Look at it this way: the Volt is an electric car without limitations. It operates in 3 modes: all electric, series hybrid, and (rarely) parallel hybrid. When the battery is above the minimum state of charge, its an all electric vehicle which will accelerated at full throttle (0-60 of 8.5s) to 100 MPH without using any gas. When the engine starts, its there to generate electricity and keep the car going, returning about 38 MPG in the process. When the car is in charge sustaining mode (low battery), the gas engine will cycle on and off even at highway speeds (I can watch it on an OBD monitor). I drive 25-35 miles per day, meaning in a typical day I use no gas at all. I've driven 590 miles this month and used 1.0 gallons of gas. Last month it was 1,009 miles and 4.5 gallons. I've gotten anywhere from 25 to 46 miles on a charge, averaging around 38. It has to be very cold with the heater running often to get below 30 miles. 90% of Americans commute less than 29 miles a day.

You need to look at performance in different ways. For a Lexus, the performance is "Luxury". For a Mustang, the performance is "Horsepower". For a mini-van, the performance is "Carries my 3 kids and 2 dogs". And for a Volt, the performance is "Let's me direct less of my money to people who want to kill me, keeps more of my money in America to create American jobs". Don't make any assumptions about why someone would buy it. Me driving a Volt won't make any difference in carbon emissions. We (and the Chinese and Indians) will burn every drop of oil and every ounce of coal we can find, now or later, it will all be burned.

It is a small car, but that doesn't mean its competing with Prius's and Civics. I traded in a Lexus IS350 for a Volt, and the other cars I was looking at? Jaguar XF and Audi A4/A6. You could do research on what other owners traded/considered, but what you find might not fit your world view. (PS I enjoy taking my Volt to the gun range for funny looks).
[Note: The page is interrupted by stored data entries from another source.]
ghost use Rattle.std.specs.Prelude.{◌≡◌, ◌<◌, ◌≤◌, ℕ, List, false, true, length, Ok, IfOk, IsOk, IsErr};
ghost use Rattle.std.specs.Option.{option_copied};
ghost use Rattle.daq_types.specs.declared.types.Tid.TheVariants as tid;
ghost use Rattle.odb_value.specs.Paths.{IsPath};
ghost use Rattle.odb_value.specs.PathText.{path_text, path_reply};
ghost use Rattle.odb_value.specs.ItemTexts.{text_limit};
ghost use Rattle.odb_value.specs.Values.{IsValue};
ghost use Rattle.odb_value.specs.LinkValues.{IsLink, IsValueOrLink, is_link_type};
ghost use Rattle.odb_tree.specs.declared.rows.NewKey.TheVariants.{Link as new_link};
ghost use Rattle.odb_tree.specs.declared.entry.DatabaseEntry.TheVariants.{Create};
ghost use Rattle.odb_tree.specs.Links.{target_of_items};
ghost use Rattle.odb_tree.specs.Calls.{Gives, GivesTaking, create_reply, rows_there, raw_reply, put_reply, after_put};
ghost use Rattle.odb_tree.specs.Noting.{changes_for, changes_of_put, all_noted};
ghost use Rattle.odb_links.specs.Seen.{AreLinks, seen, typed};
ghost use Rattle.odb_links.specs.declared.links.Link.{Link};
ghost use Rattle.odb_links.specs.Writing.{StandsThere, IsLinkAt, IsForLinks, as_size, text_held, IsTextTo, IsTextIn};

use crate::links::{Link, keep, target_of};
use daq_text::TextBuffer;
use daq_types::{NoMemory, Tid};
use odb_tree::{Database, NewKey, OdbRefusal, What};
use odb_value::{Item, Items, Path, TextBytes, Value, print_path};
use std::alloc::Global;

/// The most bytes of a text.
const TEXT_LIMIT: usize = 1023;

/// What stands at a path.
#[derive(Clone, Copy)]
pub enum Standing {
    Nothing,
    Linked,
    /// A key that is no link, a directory, or the root.
    Other,
}

/// What stands at the path as it is. Takes no memory.
fn stands_at<D: Database>(tree: &D, links: &[Link], alloc: Global, path: &Path) -> Standing
    requires { AreLinks links.now (D.rows tree.now) }
    ensures { StandsThere links.now (D.rows tree.now) path.now result }
{
    let _ = path.names();
    match tree.find(alloc, path) {
        Err(_) => Standing::Nothing,
        Ok(row) => match target_of(links, row) {
            Some(_) => Standing::Linked,
            None => Standing::Other,
        },
    }
}

/// Whether a link stands at the path as it is. Takes no memory.
fn is_link_at<D: Database>(tree: &D, links: &[Link], alloc: Global, path: &Path) -> bool
    requires { AreLinks links.now (D.rows tree.now) }
    ensures { IsLinkAt links.now (D.rows tree.now) path.now result }
{
    if links.is_empty() {
        return false;
    }
    match stands_at(tree, links, alloc, path) {
        Standing::Linked => true,
        Standing::Nothing | Standing::Other => false,
    }
}

/// The value as one of this type.
fn with_tid(value: Value, tid: Tid) -> Value
    requires { IsValueOrLink (typed tid value) }
    ensures { result ≡ typed tid value }
{
    let size = value.size();
    Value::of(tid, size, value.into_items())
}

/// Writes the text of a link, which goes to this path, where nothing stands or a link.
fn keep_link<D: Database>(
    tree: &mut D,
    links: &mut Vec<Link>,
    alloc: Global,
    path: &Path,
    text: &Value,
    target: Path,
) -> Result<u32, OdbRefusal>
    requires links { AreLinks links.old.items (D.rows tree.old) }
    requires free { IsForLinks links.old.items (D.rows tree.old) path.now }
    requires text { text.now.tid ≡ tid.Text }
    requires link { IsLink (typed tid.Link text.now) }
    requires goes { target_of_items text.now.items ≡ target }
    ensures reply { GivesTaking true result (put_reply (seen links.old.items (D.rows tree.old))
        path.now (typed tid.Link text.now)) }
    ensures links { AreLinks links.new.items (D.rows tree.new) }
    ensures after { seen links.new.items (D.rows tree.new) ≡ after_put
        (seen links.old.items (D.rows tree.old)) path.now (typed tid.Link text.now) result }
    ensures notes { D.watches tree.new ≡ all_noted (changes_of_put
        (seen links.old.items (D.rows tree.old)) path.now (typed tid.Link text.now) result)
        (D.watches tree.old) }
{
    let _ = path.names();
    let _ = text.tid();
    links.reserve(1)?;
    let row = tree.put(alloc, path, text)?;
    keep(links, row, target);
    Ok(row)
}

/// The value of a STRING key with this one text, as long as the text takes it.
fn text_value(alloc: Global, text: TextBytes) -> Result<Value, NoMemory>
    requires { length text ≤ text_limit }
    ensures { IfOk result (λ value. value ≡ text_held text) }
{
    let size = text.as_slice().len() as u32 + 1;
    let mut items = Vec::with_capacity(alloc, 1)?;
    items.push(Item::Text(text))?;
    Ok(Value::of(Tid::Text, size, Items::of(items)))
}

/// The text of a path as the value of a STRING key; None where it is too long for a text.
fn text_to(alloc: Global, target: &Path) -> Result<Option<Value>, NoMemory>
    ensures text { IfOk result (λ text. IsTextTo target.now text) }
    ensures path { IsPath target.now }
{
    let mut text = TextBuffer::new(alloc);
    print_path(target.names(), &mut text)?;
    if text.as_slice().len() > TEXT_LIMIT {
        return Ok(None);
    }
    let value = text_value(alloc, TextBytes::of(text.into_vec()))?;
    Ok(Some(value))
}

/// The refusal of a text that is too long, where the refusal of any other key's items is told.
fn as_size(refusal: OdbRefusal) -> OdbRefusal
    ensures { result ≡ as_size refusal }
{
    match refusal {
        OdbRefusal::Limit { what: What::Items } => OdbRefusal::Limit { what: What::Size },
        other => other,
    }
}

/// Why a link whose text is too long is not made here. What comes before is that of any key that is not made for its
/// items.
fn refuse_long<D: Database>(tree: &mut D, alloc: Global, path: &Path) -> Result<u32, OdbRefusal>
    requires { (D.rows tree.old).links ≡ false }
    ensures reply { (links : List Link) (target : List (List ℕ)) → AreLinks links (D.rows tree.old)
        → text_limit < length (path_text target)
        → GivesTaking true result (create_reply (seen links (D.rows tree.old)) path.now
        (new_link target)) }
    ensures refused { IsErr result }
    ensures rows { D.rows tree.new ≡ D.rows tree.old }
    ensures watches { D.watches tree.new ≡ D.watches tree.old }
{
    let kind = NewKey::Keys {
        tid: Tid::Text,
        len: 0,
    };
    match tree.create(alloc, path, &kind) {
        Ok(row) => Ok(row),
        Err(refusal) => Err(as_size(refusal)),
    }
}

/// Makes a link to this path, and the missing directories.
pub fn make_link<D: Database>(
    tree: &mut D,
    links: &mut Vec<Link>,
    alloc: Global,
    path: &Path,
    target: &Path,
) -> Result<u32, OdbRefusal>
    requires { AreLinks links.old.items (D.rows tree.old) }
    ensures reply { GivesTaking true result (create_reply (seen links.old.items (D.rows tree.old))
        path.now (new_link target.now)) }
    ensures links { AreLinks links.new.items (D.rows tree.new) }
    ensures after { seen links.new.items (D.rows tree.new) ≡ rows_there
        (seen links.old.items (D.rows tree.old)) (Create path.now (new_link target.now) result) }
    ensures notes { D.watches tree.new ≡ all_noted (changes_for (rows_there
        (seen links.old.items (D.rows tree.old)) (Create path.now (new_link target.now) result))
        result 0 1) (D.watches tree.old) }
{
    let Some(text) = text_to(alloc, target)? else {
        return refuse_long(tree, alloc, path);
    };
    match stands_at(tree, links.as_slice(), alloc, path) {
        Standing::Linked | Standing::Other => Err(OdbRefusal::Exists),
        Standing::Nothing => {
            let target = target.try_clone(alloc)?;
            keep_link(tree, links, alloc, path, &text, target)
        }
    }
}

/// The text of a link's value, which has one always.
fn text_of(value: &Value) -> Option<&TextBytes>
    requires { IsLink value.now }
    ensures { IsTextIn value.now (option_copied result) }
{
    match value.items().first() {
        Some(Item::Text(text)) => Some(text),
        _ => None,
    }
}

/// The path in a link's text. The text is a path's, so that memory alone can be wanting.
fn read_target(alloc: Global, text: &TextBytes) -> Result<Path, NoMemory>
    requires { IsOk (path_reply text.now) }
    ensures { IfOk result (λ path. path_reply text.now ≡ Ok path) }
{
    match Path::read(alloc, text.as_slice()) {
        Ok(path) => Ok(path),
        Err(_) => Err(NoMemory),
    }
}

/// Writes the value of a link.
fn put_link<D: Database>(
    tree: &mut D,
    links: &mut Vec<Link>,
    alloc: Global,
    path: &Path,
    value: &Value,
) -> Result<u32, OdbRefusal>
    requires links { AreLinks links.old.items (D.rows tree.old) }
    requires link { IsLink value.now }
    ensures reply { GivesTaking true result (put_reply (seen links.old.items (D.rows tree.old))
        path.now value.now) }
    ensures links { AreLinks links.new.items (D.rows tree.new) }
    ensures after { seen links.new.items (D.rows tree.new) ≡ after_put
        (seen links.old.items (D.rows tree.old)) path.now value.now result }
    ensures notes { D.watches tree.new ≡ all_noted (changes_of_put
        (seen links.old.items (D.rows tree.old)) path.now value.now result) (D.watches tree.old) }
{
    match stands_at(tree, links.as_slice(), alloc, path) {
        Standing::Other => match tree.get(alloc, path) {
            Ok(had) => Err(OdbRefusal::TypeMismatch { have: had.tid() }),
            Err(refusal) => Err(refusal),
        },
        Standing::Nothing | Standing::Linked => {
            let Some(text) = text_of(value) else {
                return Err(OdbRefusal::NoMemory);
            };
            let target = read_target(alloc, text)?;
            let text = text_value(alloc, text.try_clone(alloc)?)?;
            keep_link(tree, links, alloc, path, &text, target)
        }
    }
}

/// Writes a value that is no link's.
fn put_plain<D: Database>(
    tree: &mut D,
    links: &[Link],
    alloc: Global,
    path: &Path,
    value: &Value,
) -> Result<u32, OdbRefusal>
    requires links { AreLinks links.now (D.rows tree.old) }
    requires value { IsValue value.now }
    ensures reply { Gives result (put_reply (seen links.now (D.rows tree.old)) path.now value.now) }
    ensures links { AreLinks links.now (D.rows tree.new) }
    ensures after { seen links.now (D.rows tree.new) ≡ after_put (seen links.now (D.rows tree.old))
        path.now value.now result }
    ensures notes { D.watches tree.new ≡ all_noted (changes_of_put
        (seen links.now (D.rows tree.old)) path.now value.now result) (D.watches tree.old) }
{
    let _ = path.names();
    if is_link_at(tree, links, alloc, path) {
        return Err(OdbRefusal::TypeMismatch { have: Tid::Link });
    }
    tree.put(alloc, path, value)
}

/// Writes a value, which may be that of a link, at the path as it is.
pub fn put_value<D: Database>(
    tree: &mut D,
    links: &mut Vec<Link>,
    alloc: Global,
    path: &Path,
    value: &Value,
) -> Result<u32, OdbRefusal>
    requires { AreLinks links.old.items (D.rows tree.old) }
    ensures reply { GivesTaking (is_link_type value.now.tid) result
        (put_reply (seen links.old.items (D.rows tree.old)) path.now value.now) }
    ensures links { AreLinks links.new.items (D.rows tree.new) }
    ensures after { seen links.new.items (D.rows tree.new) ≡ after_put
        (seen links.old.items (D.rows tree.old)) path.now value.now result }
    ensures notes { D.watches tree.new ≡ all_noted (changes_of_put
        (seen links.old.items (D.rows tree.old)) path.now value.now result) (D.watches tree.old) }
{
    match value.tid() {
        Tid::Link => put_link(tree, links, alloc, path, value),
        _ => put_plain(tree, links.as_slice(), alloc, path, value),
    }
}

/// The value of a key at the path as it is: that of a link has the type LINK.
pub fn read_raw<D: Database>(
    tree: &D,
    links: &[Link],
    alloc: Global,
    path: &Path,
) -> Result<Value, OdbRefusal>
    requires { AreLinks links.now (D.rows tree.now) }
    ensures { Gives result (raw_reply (seen links.now (D.rows tree.now)) path.now) }
{
    let value = tree.get(alloc, path)?;
    if is_link_at(tree, links, alloc, path) {
        return Ok(with_tid(value, Tid::Link));
    }
    Ok(value)
}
On the subject of tax credits, yes, $7,500 per car is a lot. But considering I have no children and I'll get to claim that credit once, and people with children can claim a deduction for 17 years, I'm doing a LOT more subsidizing. Also, my taxes are still going to fund oil subsidies and tax breaks that I barely take advantage of any more. Total EV subsidies: $1.5 Billion (limited to 200,000 cars).  Tax revenue lost from child tax deduction: more than $20 Billion every single year. Throw in mortgage interest deduction (more than $90 Billion in lost revenue every year) and the prescription drug program ($727 Billion from 2009-2018), and the EV subsidy is a pittance. Complaining about the EV subsidy is like going to a restaurant, paying $10,000 for a steak and arguing over a $5 beer.